Sujeta una mochila en una mano. Con la otra arrastra una maleta y a su hija, que lleva una cazadora vaquera y no tendrá más de diez años. Con prisas y muecas desorientadas se baja del autobús del cuerpo de bomberos polaco que la ha traído desde la frontera ucraniana hasta la estación de trenes de Przemyśl. El cielo está un poco nublado, como una boina manchada de ceniza.

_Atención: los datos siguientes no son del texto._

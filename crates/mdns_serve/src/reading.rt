// The reading half of a session.
ghost use Rattle.std.specs.Arc.{arc_value};
ghost use Rattle.std.specs.Prelude.{◌≡◌, ◌≢◌, ◌≤◌, ◌++◌, ◌∷◌, [], Some};
ghost use Rattle.mdns_base.specs.Outside.{Rose};
ghost use Rattle.mdns_history.specs.Fitting.{AreLegal};
ghost use Rattle.mdns_core.specs.InForce.{in_force};
ghost use Rattle.mdns_turn.specs.History.{turns, StartsWith};
ghost use Rattle.mdns_turn.specs.Models.{IsSeatOf, IsSameSeat, HasItsTurns};
ghost use Rattle.mdns_serve.specs.Turns.{turns_of};
ghost use Rattle.mdns_serve.specs.Shares.{StandsFor};
ghost use Rattle.mdns_serve.specs.Reading.{Reads, Stops, GoesOrStops, CallsOnce, Detaches, end_after, end_of};

use crate::common::{Common, Half, Kit};
use crate::happening::Happening;
use crate::shared::Shared;
use crate::taking::take_turn;
use mdns_base::Source;
use mdns_history::{Event, Outcome};
use mdns_outside::{Air, Clock, Gate, Point, Words};
use mdns_turn::Seat;
use sd_call::Request;
use sd_ipc::{FrameError, read_request};
use std::sync::Wait;

/// Why a reading half ended.
#[derive(Clone, Copy, Debug, PartialEq, Eq)]
pub enum ReadEnd {
    /// The source ended between frames.
    Ended,
    /// The bytes are no frame of a request.
    BadFrame,
    /// The source failed.
    ReadFault,
    /// A call found the session closed or cut.
    Closed,
    /// Memory was refused.
    NoMemory,
}

/// Reads requests from a source and makes a call of the session of each, in their order, until the source ends; then
/// detaches the session. It passes the gate before each request and before its end.
///
/// - `Ended`: the source ended between frames.
/// - `BadFrame`: the bytes are no frame of a request.
/// - `ReadFault`: the source failed.
/// - `Closed`: a call found the session closed or cut.
/// - `NoMemory`: memory was refused for a frame or a call.
pub fn read_half<R: Wait, S: Source, A: Air, C: Clock, W: Words, G: Gate>(
    common: &Common<R>,
    seat: &mut Seat<Shared>,
    kit: &mut Kit<A, C, W>,
    half: &mut Half<S, G>,
) -> ReadEnd
    requires turn { IsSeatOf (arc_value common.now.turn) seat.old }
    ensures same { IsSameSeat seat.old seat.new }
    ensures its { HasItsTurns seat.new }
    ensures joined { seat.new.joined ≡ seat.old.joined }
    ensures seen { StartsWith seat.new.seen seat.old.seen }
    ensures legal { (past : _) → StandsFor past (arc_value common.now.turn).opening → AreLegal in_force (turns_of (past ++ turns seat.new.seen)) }
    ensures reads { Reads half.old.session (S.left half.old.end) (S.left half.new.end) seat.old.mine seat.new.mine (A.handed kit.old.air) (A.handed kit.new.air) result }
    ensures session { half.new.session ≡ half.old.session }
    ensures fault { result ≡ ReadEnd.ReadFault → Rose (S.faults half.old.end) (S.faults half.new.end) }
    ensures quiet { result ≢ ReadEnd.ReadFault → S.faults half.new.end ≡ S.faults half.old.end }
{
    let end = read_all(common, seat, kit, half);
    let session = half.session;
    half.gate.pass(Point::Ending { session });
    detach(common, seat, kit, session);
    end
}

/// Detaches a session. Where memory is refused, its end is owed, and the ticker's.
pub fn detach<R: Wait, A: Air, C: Clock, W: Words>(
    common: &Common<R>,
    seat: &mut Seat<Shared>,
    kit: &mut Kit<A, C, W>,
    session: u64,
)
    requires turn { IsSeatOf (arc_value common.now.turn) seat.old }
    ensures same { IsSameSeat seat.old seat.new }
    ensures its { HasItsTurns seat.new }
    ensures joined { seat.new.joined ≡ seat.old.joined }
    ensures seen { StartsWith seat.new.seen seat.old.seen }
    ensures legal { (past : _) → StandsFor past (arc_value common.now.turn).opening → AreLegal in_force (turns_of (past ++ turns seat.new.seen)) }
    ensures detaches { Detaches session seat.old.mine seat.new.mine (A.handed kit.old.air) (A.handed kit.new.air) }
{
    let event = Event::Detach { session };
    drop(take_turn(common, seat, kit, event));
}

// Reads requests and makes calls until the reading ends.
fn read_all<R: Wait, S: Source, A: Air, C: Clock, W: Words, G: Gate>(
    common: &Common<R>,
    seat: &mut Seat<Shared>,
    kit: &mut Kit<A, C, W>,
    half: &mut Half<S, G>,
) -> ReadEnd
    requires turn { IsSeatOf (arc_value common.now.turn) seat.old }
    ensures same { IsSameSeat seat.old seat.new }
    ensures joined { seat.new.joined ≡ seat.old.joined }
    ensures seen { StartsWith seat.new.seen seat.old.seen }
    ensures stops { Stops half.old.session (S.left half.old.end) (S.left half.new.end) seat.old.mine seat.new.mine (A.handed kit.old.air) (A.handed kit.new.air) result }
    ensures session { half.new.session ≡ half.old.session }
    ensures fault { result ≡ ReadEnd.ReadFault → Rose (S.faults half.old.end) (S.faults half.new.end) }
    ensures quiet { result ≢ ReadEnd.ReadFault → S.faults half.new.end ≡ S.faults half.old.end }
{
    let mut number = 0u64;
    for _ in common.rt.forever() {
        number = number.saturating_add(1);
        let next = read_one(common, seat, kit, half, number);
        if let Some(end) = next {
            return end;
        }
    }
    unreachable!()
}

// Reads one request and makes its call; the answer is why the reading ends, if it does.
fn read_one<R: Wait, S: Source, A: Air, C: Clock, W: Words, G: Gate>(
    common: &Common<R>,
    seat: &mut Seat<Shared>,
    kit: &mut Kit<A, C, W>,
    half: &mut Half<S, G>,
    number: u64,
) -> Option<ReadEnd>
    requires turn { IsSeatOf (arc_value common.now.turn) seat.old }
    ensures same { IsSameSeat seat.old seat.new }
    ensures joined { seat.new.joined ≡ seat.old.joined }
    ensures seen { StartsWith seat.new.seen seat.old.seen }
    ensures did { GoesOrStops half.old.session (S.left half.old.end) (S.left half.new.end) seat.old.mine seat.new.mine (A.handed kit.old.air) (A.handed kit.new.air) result }
    ensures session { half.new.session ≡ half.old.session }
    ensures fault { result ≡ Some ReadEnd.ReadFault → Rose (S.faults half.old.end) (S.faults half.new.end) }
    ensures quiet { result ≢ Some ReadEnd.ReadFault → S.faults half.new.end ≡ S.faults half.old.end }
{
    match read_request(common.alloc, &mut half.end) {
        Ok(Some(asked)) => {
            let session = half.session;
            half.gate.pass(Point::Request { session, number });
            call(common, seat, kit, session, asked)
        }
        Ok(None) => Some(ReadEnd::Ended),
        Err(error) => Some(end_of(error)),
    }
}

// Makes a call of the session; the answer is why the reading ends, if it does.
fn call<R: Wait, A: Air, C: Clock, W: Words>(
    common: &Common<R>,
    seat: &mut Seat<Shared>,
    kit: &mut Kit<A, C, W>,
    session: u64,
    asked: (u32, Request),
) -> Option<ReadEnd>
    requires turn { IsSeatOf (arc_value common.now.turn) seat.old }
    ensures same { IsSameSeat seat.old seat.new }
    ensures joined { seat.new.joined ≡ seat.old.joined }
    ensures seen { StartsWith seat.new.seen seat.old.seen }
    ensures call { CallsOnce session asked seat.old.mine seat.new.mine (A.handed kit.old.air) (A.handed kit.new.air) result }
{
    let (op, request) = asked;
    let event = Event::Call {
        session,
        op,
        request,
    };
    end_after(&take_turn(common, seat, kit, event))
}

// Why the reading ends after a call, if it does.
fn end_after(done: &Happening) -> Option<ReadEnd>
    ensures { result ≡ end_after done.now }
{
    match done {
        Happening::Missed { .. } => Some(ReadEnd::NoMemory),
        Happening::Entered { entry } => match &entry.outcome {
            Outcome::Closed | Outcome::Cut => Some(ReadEnd::Closed),
            _ => None,
        },
    }
}

// Why the reading ends where no frame was read.
fn end_of(error: FrameError) -> ReadEnd
    ensures { result ≡ end_of error }
{
    match error {
        FrameError::BadLength | FrameError::BadKind | FrameError::BadBody | FrameError::Truncated =>
            ReadEnd::BadFrame,
        FrameError::ReadFault => ReadEnd::ReadFault,
        FrameError::NoMemory => ReadEnd::NoMemory,
    }
}
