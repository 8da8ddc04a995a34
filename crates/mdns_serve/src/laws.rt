// A law of the sessions whose end is owed.
ghost use Rattle.mdns_serve.specs.Room.{OwedEndsHaveRoom};

/// In legal turns fewer than 64 ends are owed, where that of an attached session isn't: so there is always room for it, and
/// no end is forgotten.
pub fn owed_ends_have_room()
    ensures { OwedEndsHaveRoom }
{}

Mientras, dos hombres corpulentos con gorros en la cabeza y cigarrillos largos en la mano la observan desde una distancia prudente. Ella no se percata de su presencia hasta que uno de ellos, con gestos apacibles y en un inglés atropellado, se le acerca para ofrecerle llevarla donde quiera. Alrededor de la escena hay militares, policías, bomberos, voluntarios y periodistas, pero nadie parece darse cuenta de lo que está sucediendo. Ella agradece la ayuda, pero la declina con la cabeza y continúa su camino.

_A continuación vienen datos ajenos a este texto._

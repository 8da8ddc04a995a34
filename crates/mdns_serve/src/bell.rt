// What wakes those that wait for a turn of another.
use crate::order::SendOrder;
use std::alloc::{AllocError, Global};
use std::sync::Wait;
use std::sync::atomic::{AtomicU64, Ordering};
use std::time::Duration;

/// How many places there are to wait at.
const PLACES: usize = 64;

/// The longest sleep of the ticker, in milliseconds: an hour.
const LONGEST_SLEEP: u64 = 3_600_000;

/// Wakes writers whose sessions were given something, and the ticker where something is due earlier than before. It carries
/// no claim.
///
/// Nobody misses a ring: who waits first notes how often the bell rang, then looks whether there is something to do, and
/// sleeps only while the bell has rung that often.
#[derive(Drop)]
pub struct Bell {
    rings: Vec<AtomicU64>,
    due: AtomicU64,
    // How often the ticker was called.
    calls: AtomicU64,
    closed: AtomicU64,
    order: SendOrder,
}

impl Bell {
    /// A bell that hasn't rung, with something due at once. Refused only for want of memory.
    pub fn new(alloc: Global) -> Result<Bell, AllocError> {
        let mut rings = Vec::new(alloc);
        for _ in 0..PLACES {
            rings.push(AtomicU64::new(0))?;
        }
        Ok(Bell {
            rings,
            due: AtomicU64::new(0),
            calls: AtomicU64::new(0),
            closed: AtomicU64::new(0),
            order: SendOrder::new(),
        })
    }

    /// The order in which packets leave.
    pub(crate) fn order(&self) -> &SendOrder {
        &self.order
    }

    /// How often the bell rang for a session.
    pub(crate) fn rung(&self, session: u64) -> u64 {
        match self.rings.get((session % PLACES as u64) as usize) {
            Some(rings) => rings.load(Ordering::SeqCst),
            None => 0,
        }
    }

    /// Wakes who waits for a session.
    pub(crate) fn ring(&self, session: u64) {
        if let Some(rings) = self.rings.get((session % PLACES as u64) as usize) {
            rings.fetch_add(1, Ordering::SeqCst);
            rings.wake_all();
        }
    }

    /// Waits until the bell rings for a session, which it had done so often. It may return for no reason.
    pub(crate) fn wait<R: Wait>(&self, rt: &R, session: u64, rung: u64) {
        if let Some(rings) = self.rings.get((session % PLACES as u64) as usize) {
            rings.park(rt, low_half(rung));
        }
    }

    /// Tells when something is due next, in milliseconds; it is called while the daemon's turn lasts. The ticker is called
    /// where that is earlier than what was told last.
    pub(crate) fn tell_due(&self, due: Option<u64>) {
        let due = due.unwrap_or(u64::MAX);
        if due < self.due.swap(due, Ordering::SeqCst) {
            self.call();
        }
    }

    /// When something is due next, in milliseconds; the greatest number where nothing is.
    pub(crate) fn due(&self) -> u64 {
        self.due.load(Ordering::SeqCst)
    }

    /// How often the ticker was called.
    pub(crate) fn called(&self) -> u64 {
        self.calls.load(Ordering::SeqCst)
    }

    // Calls the ticker.
    fn call(&self) {
        self.calls.fetch_add(1, Ordering::SeqCst);
        self.calls.wake_all();
    }

    /// Sleeps so many milliseconds, an hour at most, or until the ticker is called, which was done so often. It may return
    /// for no reason.
    pub(crate) fn sleep<R: Wait>(&self, rt: &R, called: u64, milliseconds: u64) {
        let most = Duration::from_millis(milliseconds.min(LONGEST_SLEEP));
        self.calls.park_timeout(rt, low_half(called), most);
    }

    /// Says that the server has closed: the ticker ends then.
    pub fn close(&self) {
        self.closed.store(1, Ordering::SeqCst);
        self.call();
    }

    /// Whether the server has closed.
    pub(crate) fn is_closed(&self) -> bool {
        self.closed.load(Ordering::SeqCst) != 0
    }
}

// The low half of a count, on which one can park.
fn low_half(count: u64) -> u32 {
    (count & 0xffff_ffff) as u32
}
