// What the threads of a server share, and what each has of its own.
ghost use Rattle.std.specs.Arc.{arc_value};
ghost use Rattle.std.specs.Prelude.{◌≡◌, IfOk};

use crate::bell::Bell;
use crate::shared::Shared;
use mdns_turn::Turn;
use std::alloc::{AllocError, Global};
use std::sync::Arc;

/// What all threads of a server share: the turn at the daemon, and the bell.
#[derive(Drop)]
pub struct Common<R> {
    pub rt: R,
    pub alloc: Global,
    pub turn: Arc<Turn<Shared>>,
    pub bell: Arc<Bell>,
}

impl<R: Copy> Common<R> {
    /// The same, for another thread. Refused only for want of memory.
    pub fn share(&self) -> Result<Common<R>, AllocError>
        ensures { IfOk result (λ c. arc_value c.turn ≡ arc_value self.now.turn) }
    {
        Ok(Common {
            rt: self.rt,
            alloc: self.alloc,
            turn: Arc::try_clone(&self.turn)?,
            bell: Arc::try_clone(&self.bell)?,
        })
    }
}

/// The air, the clock and the words of one thread.
#[derive(Drop)]
pub struct Kit<A, C, W> {
    pub air: A,
    pub clock: C,
    pub words: W,
}

/// One half of a session: an end of the connection of its client, a source or a sink, and the gate that the half passes.
#[derive(Drop)]
pub struct Half<E, G> {
    pub session: u64,
    pub end: E,
    pub gate: G,
}
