// The order in which packets leave.
use std::sync::Wait;
use std::sync::atomic::{AtomicU64, Ordering};

/// Lets the packets of turns leave in the order of the turns, though each thread sends its own behind its turn. It carries no claim.
///
/// A turn that sends draws a number while it lasts, and its thread waits until those who drew before have sent. Nobody waits for a turn then,
/// and who drew always sends, so nobody waits for ever.
#[derive(Drop)]
pub struct SendOrder {
    // How many numbers were drawn.
    drawn: AtomicU64,
    // How many have sent.
    sent: AtomicU64,
}

/// The number that a thread drew in its turn, where that turn sends.
#[derive(Drop)]
pub struct SendPlace {
    number: AtomicU64,
}

impl SendPlace {
    /// No number yet.
    pub fn new() -> SendPlace {
        SendPlace {
            number: AtomicU64::new(0),
        }
    }
}

impl SendOrder {
    /// No number was drawn.
    pub fn new() -> SendOrder {
        SendOrder {
            drawn: AtomicU64::new(0),
            sent: AtomicU64::new(0),
        }
    }

    /// Draws the next number for a place; it is called while the daemon's turn lasts.
    pub fn draw(&self, place: &SendPlace) {
        let number = self.drawn.fetch_add(1, Ordering::SeqCst);
        place.number.store(number, Ordering::SeqCst);
    }

    /// Waits until all who drew before this place have sent.
    pub fn wait<R: Wait>(&self, rt: &R, place: &SendPlace) {
        let number = place.number.load(Ordering::SeqCst);
        for _ in rt.forever() {
            let sent = self.sent.load(Ordering::SeqCst);
            if sent == number {
                return;
            }
            self.sent.park(rt, (sent & 0xffff_ffff) as u32);
        }
        unreachable!()
    }

    /// Lets the next one send.
    pub fn pass(&self) {
        self.sent.fetch_add(1, Ordering::SeqCst);
        self.sent.wake_all();
    }
}
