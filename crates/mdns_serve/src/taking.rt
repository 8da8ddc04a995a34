// One event as a turn of a seat, with what comes of it.
ghost use Rattle.std.specs.Arc.{arc_value};
ghost use Rattle.std.specs.Prelude.{◌≡◌, ◌≤◌, ◌++◌, ◌∷◌, [], false};
ghost use Rattle.mdns_history.specs.Fitting.{is_boot, AreLegal};
ghost use Rattle.mdns_core.specs.InForce.{in_force};
ghost use Rattle.mdns_turn.specs.History.{turns, StartsWith};
ghost use Rattle.mdns_turn.specs.Models.{IsSeatOf, IsSameSeat, HasItsTurns};
ghost use Rattle.mdns_serve.specs.Turns.{turns_of};
ghost use Rattle.mdns_serve.specs.Shares.{StandsFor};
ghost use Rattle.mdns_serve.specs.Packets.{packets_in, HandsSome};
ghost use Rattle.mdns_serve.specs.Reading.{IsFor};

use crate::air::send_in_order;
use crate::bell::Bell;
use crate::common::{Common, Kit};
use crate::happening::Happening;
use crate::order::SendPlace;
use crate::shared::Shared;
use crate::step::Step;
use mdns_history::{Event, Given, Mark};
use mdns_outside::{Air, Clock, Words};
use mdns_turn::Seat;
use std::sync::Wait;

/// Does an event in a turn of the seat, hands what it sends to the air, and wakes those that it concerns. A turn that finds
/// no memory is missed.
pub fn take_turn<R: Wait, A: Air, C: Clock, W: Words>(
    common: &Common<R>,
    seat: &mut Seat<Shared>,
    kit: &mut Kit<A, C, W>,
    event: Event,
) -> Happening
    requires turn { IsSeatOf (arc_value common.now.turn) seat.old }
    requires no_boot { is_boot event ≡ false }
    ensures same { IsSameSeat seat.old seat.new }
    ensures its { HasItsTurns seat.new }
    ensures joined { seat.new.joined ≡ seat.old.joined }
    ensures seen { StartsWith seat.new.seen seat.old.seen }
    ensures mine { seat.new.mine ≡ seat.old.mine ++ result ∷ [] }
    ensures legal { (past : _) → StandsFor past (arc_value common.now.turn).opening → AreLegal in_force (turns_of (past ++ turns seat.new.seen)) }
    ensures is { IsFor event result }
    ensures air { HandsSome (A.handed kit.old.air) (A.handed kit.new.air) (packets_in result) }
    ensures later { A.faults kit.old.air ≤ A.faults kit.new.air }
{
    let place = SendPlace::new();
    let step = Step::new(
        kit.clock.now(),
        kit.words.word(),
        event,
        &*common.bell,
        &place,
    );
    let happening = common.turn.turn(&common.rt, seat, step);
    follow(common, &place, &happening, &mut kit.air);
    happening
}

/// Wakes those that a turn concerns, and hands what it sends to the air, behind what the turns before send.
pub(crate) fn follow<R: Wait, A: Air>(
    common: &Common<R>,
    place: &SendPlace,
    done: &Happening,
    air: &mut A,
)
    ensures packets { HandsSome (A.handed air.old) (A.handed air.new) (packets_in done.now) }
    ensures later { A.faults air.old ≤ A.faults air.new }
{
    if let Happening::Entered { entry } = done {
        ring_for(
            entry.given.as_slice(),
            entry.marks.as_slice(),
            &entry.event,
            &*common.bell,
        );
        send_in_order(common, place, entry.sent.as_slice(), air);
    }
}

// Wakes the writers of the sessions that were given something, cut or detached. What is given stands by session, so that
// each of these is rung once.
fn ring_for(given: &[Given], marks: &[Mark], event: &Event, bell: &Bell) {
    let mut rung = None;
    for one in given {
        if rung != Some(one.session) {
            bell.ring(one.session);
            rung = Some(one.session);
        }
    }
    for mark in marks {
        if let Mark::Cut { session } = mark {
            bell.ring(*session);
        }
    }
    if let Event::Detach { session } = event {
        bell.ring(*session);
    }
}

De repente, el otro hombre, en un gesto de aparente mansedad, agarra a la niña de un brazo, la pega a su cuerpo e insiste en llevarlas en su coche. La mujer reacciona rápido y arrea un tirón a su hija, liberándola del brazo del polaco y uniendo a la pequeña a su pierna. Inmediatamente empieza a apretar el ritmo y a decir a voces que no quiere ir a ningún sitio, que solo está buscando un baño. Baja las escaleras del paso subterráneo de la vía y se pierde entre el trajín de los cientos de voluntarios y refugiados que pueblan la estación de esta localidad polaca a treinta kilómetros de la frontera con Ucrania. Cuando los hombres se dan cuenta de que los militares, policías, bomberos, voluntarios y periodistas han despertado su interés por lo que acaba de pasar, desaparecen discretamente tras el Kantor. Esta refugiada venía prevenida y ha sabido reaccionar a tiempo, pero las hay que no tienen tanta suerte.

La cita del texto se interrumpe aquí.